Adding geo headers with Cloudflare

It's useful to know which part of a country your visitors are coming from. You might show region specific content, helping users to find information easier.

This post explains how to add location specific headers to your requests using Cloudflare Workers.

Transform Rules

Cloudflare allows you to create transformation rules for modifying HTTP headers. Transformation rules are easy to set up, but adding region specific headers need a Cloudflare Business or Enterprise plan.

Access to geoip fields requires a Cloudflare Business or Enterprise plan

Adding the header with Workers

The other option is to write a Worker, which injects the location headers for us. Let's see how we can do this.

Open your Cloudflare Dashboard and create a new worker. Choose a name, select the "HTTP handler" template and click "Create service".

Creating a new worker in Cloudflare Dashboard

Once we create the worker, we need to change the sample code to inject location headers to the request. Click the "Quick edit" button under the "Resources" tab, to open the code editor.

Edit worker code

Add the following code to your worker:

addEventListener("fetch", event => {
  event.respondWith(handleRequest(event.request))
})

async function handleRequest(request) {
  const requestWithRegion = new Request(request);
  requestWithRegion.headers.set('x-region', request.cf?.regionCode);
  return await fetch(requestWithRegion);
}

The handleRequest function starts with creating requestWithRegion.

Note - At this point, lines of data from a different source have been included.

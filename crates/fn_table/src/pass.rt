//! The callers of a table.

ghost use Rattle.std.specs.Prelude.{◌≡◌, ◌≢◌, ◌<◌};

use crate::rule::Place;
use crate::seated::Seated;
use crate::spots::Spot;
use crate::table::FunnelTable;
use crate::tally::Tally;
use fn_layout::Kind;
use std::marker::Model;

/// A caller. Contracts see its table, its number there, and the log that it has seen.
#[derive(Drop)]
pub struct Pass {
    pub(crate) caller: Seated,
    pub(crate) tally: Tally,
}

impl Model for Pass {
    ghost use Rattle.fn_table.specs.Seen.{PassView};
    ghost use Rattle.fn_table.specs.Kept.{Keeps};

    ghost Value = { PassView };

    ghost view = { λ p. p.caller };

    ghost invariant = { λ p. Keeps p.caller p.tally };
}

impl Pass {
    ghost use Rattle.fn_model.specs.declared.Kind.TheVariants.{Read};
    ghost use Rattle.fn_layout.specs.Tree.{IsLevel};
    ghost use Rattle.fn_layout.specs.Words.{IsSlot};
    ghost use Rattle.fn_core.specs.Calls.{IsLegal, left_of};
    ghost use Rattle.fn_table.specs.Seen.{IsOf, own_of};
    ghost use Rattle.fn_table.specs.Spots.{spot_of};

    /// The pass's number at its table.
    pub fn number(&self) -> u32
        ensures number { result ≡ self.now.number }
        ensures in_range { result < self.now.seen.start.shape.passes }
        ensures legal { IsLegal self.now.seen }
    {
        self.caller.number
    }

    /// What is left of the pass's allowance.
    pub fn allowance(&self) -> u64
        ensures { result ≡ left_of self.now.seen self.now.number }
    {
        self.tally.left
    }

    /// Where the pass stands at its aggregator of this kind and level.
    #[inline(always)]
    pub fn spot(&self, kind: Kind, level: u32) -> Spot
        requires funnelled { kind ≢ Read }
        requires level { IsLevel self.now.seen.start.shape level }
        ensures { result ≡ spot_of self.now.seen.start.shape self.now.number kind level }
    {
        self.caller.spot(kind, level)
    }

    /// The end of the batch that was published last in the pass's row of this number among those of the kind and level, or 0.
    pub fn row_end(&self, table: &FunnelTable, kind: Kind, level: u32, row: u32) -> u64
        requires together { IsOf table.now self.now }
        requires slot { IsSlot table.now.start.shape self.now.number kind level }
        requires row { row < table.now.start.shape.rows }
        ensures { result ≡ (own_of self.now).ends kind level row }
    {
        let _ = table;
        self.tally.row_end(self.spot(kind, level).end + row)
    }
}

/// A copy of what a pass had seen, which any thread may carry. Contracts see its table and its log.
#[derive(Drop)]
pub struct Note {
    pub(crate) seat: Place,
}

impl Model for Note {
    ghost use Rattle.std.specs.Prelude.{◌≡◌, []};
    ghost use Rattle.fn_table.specs.Seen.{NoteView};
    ghost use Rattle.fn_table.specs.Seats.{shown_note, HasNone};

    ghost Value = { NoteView };

    ghost view = { λ n. shown_note n.seat.table_id n.seat.me.0 };

    ghost invariant = { λ n. HasNone n.seat.me.0 × (n.seat.me.1 ≡ []) };
}
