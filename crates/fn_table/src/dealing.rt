// Passes are dealt out at the opening: first the Glances, while one seat keeps all passes, so that nothing else can be in the log, and then the splits.
ghost use Rattle.std.specs.Prelude.{◌≡◌, ◌<◌, ◌-◌, ◌+◌};
ghost use Rattle.fn_table.specs.Seen.{fresh};
ghost use Rattle.fn_table.specs.Seats.{IsDealer};

use crate::rule::{Finds, Hands, Place, Words};
use crate::seated::Seated;
use crate::spots::all_spots;
use fn_layout::Shape;
use std::marker::Brand;

/// A Glance of the first pass, before any other has a seat.
pub fn glance(words: &Words, seat: &mut Place, taken: u32)
    requires words { 0 < words.now.table_id.words }
    requires dealer { IsDealer words.now.table_id seat.old.me.0.start 1 taken seat.old }
    requires some { 0 < seat.old.me.0.start.shape.passes }
    ensures { IsDealer words.now.table_id seat.old.me.0.start 1 (taken + 1) seat.new }
{
    let _ = taken;
    words.load::<Finds<Brand>>(seat, 0);
}

/// Gives the next number to a new pass.
pub fn deal(words: &Words, seat: &mut Place, shape: Shape, number: u32) -> Seated
    requires words { 0 < words.now.table_id.words }
    requires shape { shape ≡ seat.old.me.0.start.shape }
    requires inside { (0 < number) × (number < seat.old.me.0.start.shape.passes) }
    requires dealer { IsDealer words.now.table_id seat.old.me.0.start number (seat.old.me.0.start.shape.passes - 1) seat.old }
    ensures dealer { IsDealer words.now.table_id seat.old.me.0.start (number + 1) (seat.old.me.0.start.shape.passes - 1) seat.new }
    ensures pass { result ≡ fresh (record { table = words.now.table_id; start = seat.old.me.0.start }) number }
{
    Seated {
        seat: words.split_seat::<Hands>(seat),
        number,
        spots: all_spots(shape, number),
    }
}
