//! What a closed table was.

ghost use Rattle.std.specs.Prelude.{◌≡◌};

use crate::rule::Place;
use std::marker::Model;

/// What a closed table was. Contracts see what it opened with, and its whole log.
#[derive(Drop)]
pub struct Book {
    pub(crate) value: u64,
    pub(crate) opening: u64,
    pub(crate) seat: Place,
}

impl Model for Book {
    ghost use Rattle.std.specs.Prelude.{◌≡◌};
    ghost use Rattle.fn_core.specs.Calls.{CoreLog, state_in, IsLegal};
    ghost use Rattle.fn_table.specs.Seats.{shown_book};

    ghost Value = { CoreLog };

    ghost view = { λ b. shown_book b.seat.me.0 };

    ghost invariant = { λ b. (b.value ≡ (state_in (shown_book b.seat.me.0)).main) × (b.opening ≡ b.seat.me.0.start.opening) × IsLegal (shown_book b.seat.me.0) };
}

impl Book {
    ghost use Rattle.fn_model.specs.Integer.{value};
    ghost use Rattle.fn_core.specs.Calls.{calls_in};

    /// The integer after all calls.
    pub fn value(&self) -> u64
        ensures { result ≡ value self.now.start.cap self.now.start.opening (calls_in self.now) }
    {
        self.value
    }

    /// The integer before all calls.
    pub fn opening(&self) -> u64
        ensures { result ≡ self.now.start.opening }
    {
        self.opening
    }
}
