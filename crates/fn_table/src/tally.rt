// What a pass keeps of itself in plain fields.
ghost use Rattle.std.specs.Prelude.{◌≡◌, ◌*◌, ◌<◌, true, false, length, slice_index, slice_set, replicate, IfOk};

use fn_core::NoMemory;
use fn_layout::Shape;
use std::alloc::Global;

/// What is left of the pass's allowance, whether it has a call on its way through aggregators, the number among its rows of a kind and level of the row that it pointed to last, and the ends of its own rows, numbered as those of pass 0.
#[derive(Drop)]
pub struct Tally {
    pub left: u64,
    pub calling: bool,
    pub pointed: u32,
    pub ends: Vec<u64>,
}

/// A pass that has taken no step.
pub fn untouched(alloc: Global, shape: Shape, left: u64) -> Result<Tally, NoMemory>
    ensures fields { IfOk result (λ t. (t.left ≡ left) × (t.calling ≡ false) × (t.pointed ≡ 0)) }
    ensures ends { IfOk result (λ t. t.ends.items ≡ replicate (2 * shape.levels * shape.rows) 0) }
{
    let rows = 2 * shape.levels() * shape.rows();
    Ok(Tally {
        left,
        calling: false,
        pointed: 0,
        ends: vec![in alloc; 0; rows as usize]?,
    })
}

impl Tally {
    /// The end of one of the pass's rows.
    pub fn row_end(&self, place: u32) -> u64
        requires { place < length self.now.ends.items }
        ensures { result ≡ slice_index self.now.ends.items place }
    {
        self.ends[place as usize]
    }

    /// Keeps the end of one of the pass's rows.
    pub fn publish(&mut self, place: u32, end: u64)
        requires { place < length self.old.ends.items }
        ensures left { self.new.left ≡ self.old.left }
        ensures calling { self.new.calling ≡ self.old.calling }
        ensures pointed { self.new.pointed ≡ self.old.pointed }
        ensures ends { self.new.ends.items ≡ slice_set self.old.ends.items place end }
    {
        self.ends[place as usize] = end;
    }

    /// What an exchange that wins takes from the allowance: its amount, where the pass has no call on its way.
    pub fn spent_by_exchange(&self, amount: u64) -> u64
        ensures direct { self.now.calling ≡ false → result ≡ amount }
        ensures batch { self.now.calling ≡ true → result ≡ 0 }
    {
        if self.calling { 0 } else { amount }
    }
}
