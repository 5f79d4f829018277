//! The steps of a call at its aggregators.
ghost use Rattle.std.specs.Prelude.{◌≡◌, ◌≢◌};
ghost use Rattle.fn_rows.specs.declared.Stage.TheVariants.{Saw};
ghost use Rattle.fn_core.specs.declared.Move.TheVariants.{Scan, See, Announce, Arrive, Look, Close, Head, Fill, Point, Publish, Peek, Leave};
ghost use Rattle.fn_core.specs.Words.{end_by, fill_word};
ghost use Rattle.fn_table.specs.Seen.{IsOf, May, Stepped, Stored, own_of};

use crate::pass::Pass;
use crate::steps::{add, load, quiet_load, quiet_store, store};
use crate::table::FunnelTable;
use fn_core::Move;
use fn_layout::{Field, Kind};

// What an arrival takes from the allowance: its weight at level 1, and nothing above.
fn spent_at(level: u32, weight: u64) -> u64
    ensures leaf { level ≡ 1 → result ≡ weight }
    ensures above { level ≢ 1 → result ≡ 0 }
{
    match level {
        1 => weight,
        _ => 0,
    }
}

/// Loads another pass's announcement, while the pass makes no call.
#[inline(always)]
pub fn scan(table: &FunnelTable, pass: &mut Pass, kind: Kind, level: u32, other: u32) -> u64
    requires together { IsOf table.now pass.old }
    requires may { May pass.old (Scan kind level other) }
    ensures { Stepped pass.old (Scan kind level other) result pass.new }
{
    quiet_load(table, pass, Move::Scan { kind, level, other })
}

/// Loads `done` of the pass's aggregator, before it announces.
#[inline(always)]
pub fn see(table: &FunnelTable, pass: &mut Pass, kind: Kind, level: u32) -> u64
    requires together { IsOf table.now pass.old }
    requires may { May pass.old (See kind level) }
    ensures { Stepped pass.old (See kind level) result pass.new }
{
    let found = load(table, &mut pass.caller, Move::See { kind, level });
    pass.tally.calling = true;
    found
}

/// Announces the number that the pass saw.
#[inline(always)]
pub fn announce(table: &FunnelTable, pass: &mut Pass, kind: Kind, level: u32, seen: u64)
    requires together { IsOf table.now pass.old }
    requires may { May pass.old (Announce kind level) }
    requires seen { (own_of pass.old).stages kind level ≡ Saw seen }
    ensures { Stored pass.old (Announce kind level) pass.new }
{
    let _number = pass.number();
    quiet_store(table, pass, seen + 1, Move::Announce { kind, level });
}

/// Adds the weight to the value of the pass's aggregator; at level 1 a call begins, which spends it.
#[inline(always)]
pub fn arrive(table: &FunnelTable, pass: &mut Pass, kind: Kind, level: u32, weight: u64) -> u64
    requires together { IsOf table.now pass.old }
    requires may { May pass.old (Arrive kind level weight) }
    ensures { Stepped pass.old (Arrive kind level weight) result pass.new }
{
    let spent = spent_at(level, weight);
    let step = Move::Arrive {
        kind,
        level,
        weight,
    };
    let found = add(table, &mut pass.caller, weight, step);
    pass.tally.left -= spent;
    found
}

/// Loads `done` of the pass's aggregator, by which the pass learns whether it leads, waits or is late.
#[inline(always)]
pub fn look(table: &FunnelTable, pass: &mut Pass, kind: Kind, level: u32) -> u64
    requires together { IsOf table.now pass.old }
    requires may { May pass.old (Look kind level) }
    ensures { Stepped pass.old (Look kind level) result pass.new }
{
    quiet_load(table, pass, Move::Look { kind, level })
}

/// Loads the value of the pass's aggregator, which ends its batch.
#[inline(always)]
pub fn close_batch(table: &FunnelTable, pass: &mut Pass, kind: Kind, level: u32) -> u64
    requires together { IsOf table.now pass.old }
    requires may { May pass.old (Close kind level) }
    ensures { Stepped pass.old (Close kind level) result pass.new }
{
    quiet_load(table, pass, Move::Close { kind, level })
}

/// Loads `last` of the pass's aggregator.
#[inline(always)]
pub fn head(table: &FunnelTable, pass: &mut Pass, kind: Kind, level: u32) -> u64
    requires together { IsOf table.now pass.old }
    requires may { May pass.old (Head kind level) }
    ensures { Stepped pass.old (Head kind level) result pass.new }
{
    quiet_load(table, pass, Move::Head { kind, level })
}

/// Stores a word of the pass's row.
#[inline(always)]
pub fn fill(table: &FunnelTable, pass: &mut Pass, row: u32, field: Field, word: u64)
    requires together { IsOf table.now pass.old }
    requires may { May pass.old (Fill row field) }
    requires word { word ≡ fill_word pass.old.seen.start (own_of pass.old) pass.old.number field (own_of pass.old).caller.position }
    ensures { Stored pass.old (Fill row field) pass.new }
{
    quiet_store(table, pass, word, Move::Fill { row, field });
}

/// Stores the number of the pass's row in `last`.
#[inline(always)]
pub fn point(table: &FunnelTable, pass: &mut Pass, kind: Kind, level: u32, row: u32)
    requires together { IsOf table.now pass.old }
    requires may { May pass.old (Point kind level row) }
    ensures { Stored pass.old (Point kind level row) pass.new }
{
    let _number = pass.number();
    let first = pass.spot(kind, level).row;
    let step = Move::Point { kind, level, row };
    store(table, &mut pass.caller, u64::from(row) + 1, step);
    pass.tally.pointed = row - first;
}

/// Stores the end of the pass's batch in `done`.
#[inline(always)]
pub fn publish(table: &FunnelTable, pass: &mut Pass, kind: Kind, level: u32, end: u64)
    requires together { IsOf table.now pass.old }
    requires may { May pass.old (Publish kind level) }
    requires end { end ≡ end_by ((own_of pass.old).stages kind level) }
    ensures { Stored pass.old (Publish kind level) pass.new }
{
    let _number = pass.number();
    let place = pass.spot(kind, level).end + pass.tally.pointed;
    store(table, &mut pass.caller, end, Move::Publish { kind, level });
    pass.tally.publish(place, end);
}

/// Loads a word of the row in hand.
#[inline(always)]
pub fn peek(table: &FunnelTable, pass: &mut Pass, row: u32, field: Field) -> u64
    requires together { IsOf table.now pass.old }
    requires may { May pass.old (Peek row field) }
    ensures { Stepped pass.old (Peek row field) result pass.new }
{
    quiet_load(table, pass, Move::Peek { row, field })
}

/// Takes the pass's announcement back.
#[inline(always)]
pub fn leave(table: &FunnelTable, pass: &mut Pass, kind: Kind, level: u32)
    requires together { IsOf table.now pass.old }
    requires may { May pass.old (Leave kind level) }
    ensures { Stored pass.old (Leave kind level) pass.new }
{
    store(table, &mut pass.caller, 0, Move::Leave { kind, level });
    pass.tally.calling = level != 1;
}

We need this, since the request parameter is immutable and we can't add new headers to it. In the next step, we add the x-region header containing the region code from the cf object.

There are many location properties you can use from the cf object. Some examples are postalCode, metroCode, region or regionCode. I couldn't find the documentation about the properties of the cf object. There is however a geolocation example listing all geolocation data fields.

Click "Save and Deploy" in the editor and your worker will be ready to accept requests.

Adding code to the worker

Once the code of the worker is changed and saved we need to set when it's going to be executed. You can set what URLs should trigger the worker under the "Triggers" tab.

Enter the route which should trigger the worker and set the corresponding zone. In the example below I'm using wildcards to have it attached on every URL of ptrlaszlo.com.

Setting triggers for the new worker

That's it. These are all the steps needed to set up the worker. After this, the requests hitting your server will contain the extra header:

Region header example

Cloudflare makes it easy to add extra functionality on the edge. This is a simple example, but can make the user experience more pleasant.